YOUR GOAL ::
Line by line, return the material below exactly as it reads.

PROVIDED DATA ::
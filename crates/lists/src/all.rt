// The five lists that a line is judged with.
#[derive(Clone, Copy)]
pub struct Lists<'a> {
    pub lei: &'a [u8],
    pub cty: &'a [u8],
    pub ccy: &'a [u8],
    pub ven: &'a [u8],
    pub ins: &'a [u8],
}
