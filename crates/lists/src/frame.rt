// The frame that all five lists share.
ghost use Rattle.std.specs.Prelude.{◌≡◌};
ghost use Rattle.lists.specs.Frame.{framed};

use crate::rows::{Countries, Currencies, Instruments, Leis, List, Venues};
use text::{byte_at, le32, word};

#[derive(Clone, Copy)]
pub enum Mark {
    Lei,
    Cty,
    Ccy,
    Ven,
    Ins,
}

// A count of 32 bits times a row's width stays far below what a length can be, so that no count wraps round to a length.
fn framed_as<L: List>(list: &[u8]) -> bool
    ensures { result ≡ framed L.mark list.now }
{
    if list.len() < 9 {
        return false;
    }
    let whole = 9 + le32(list, 5) as usize * L::WIDTH;
    (word(list, 0, 4) == L::OPENING) & (byte_at(list, 4) == 0) & (list.len() == whole)
}

pub fn framed(mark: Mark, list: &[u8]) -> bool
    ensures { result ≡ framed mark list.now }
{
    match mark {
        Mark::Lei => framed_as::<Leis>(list),
        Mark::Cty => framed_as::<Countries>(list),
        Mark::Ccy => framed_as::<Currencies>(list),
        Mark::Ven => framed_as::<Venues>(list),
        Mark::Ins => framed_as::<Instruments>(list),
    }
}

RESULT OF THE TASK ::
filename crates/lists/src/all.rt
// The five lists that a line is judged with.
#[derive(Clone, Copy)]
pub struct Lists<'a> {
    pub lei: &'a [u8],
    pub cty: &'a [u8],
    pub ccy: &'a [u8],
    pub ven: &'a [u8],
    pub ins: &'a [u8],
}
filename crates/lists/src/frame.rt
// The frame that all five lists share.
ghost use Rattle.std.specs.Prelude.{◌≡◌};
ghost use Rattle.lists.specs.Frame.{framed};

use crate::rows::{Countries, Currencies, Instruments, Leis, List, Venues};
use text::{byte_at, le32, word};

#[derive(Clone, Copy)]
pub enum Mark {
    Lei,
    Cty,
    Ccy,
    Ven,
    Ins,
}

// A count of 32 bits times a row's width stays far below what a length can be, so that no count wraps round to a length.
fn framed_as<L: List>(list: &[u8]) -> bool
    ensures { result ≡ framed L.mark list.now }
{
    if list.len() < 9 {
        return false;
    }
    let whole = 9 + le32(list, 5) as usize * L::WIDTH;
    (word(list, 0, 4) == L::OPENING) & (byte_at(list, 4) == 0) & (list.len() == whole)
}

pub fn framed(mark: Mark, list: &[u8]) -> bool
    ensures { result ≡ framed mark list.now }
{
    match mark {
        Mark::Lei => framed_as::<Leis>(list),
        Mark::Cty => framed_as::<Countries>(list),
        Mark::Ccy => framed_as::<Currencies>(list),
        Mark::Ven => framed_as::<Venues>(list),
        Mark::Ins => framed_as::<Instruments>(list),
    }
}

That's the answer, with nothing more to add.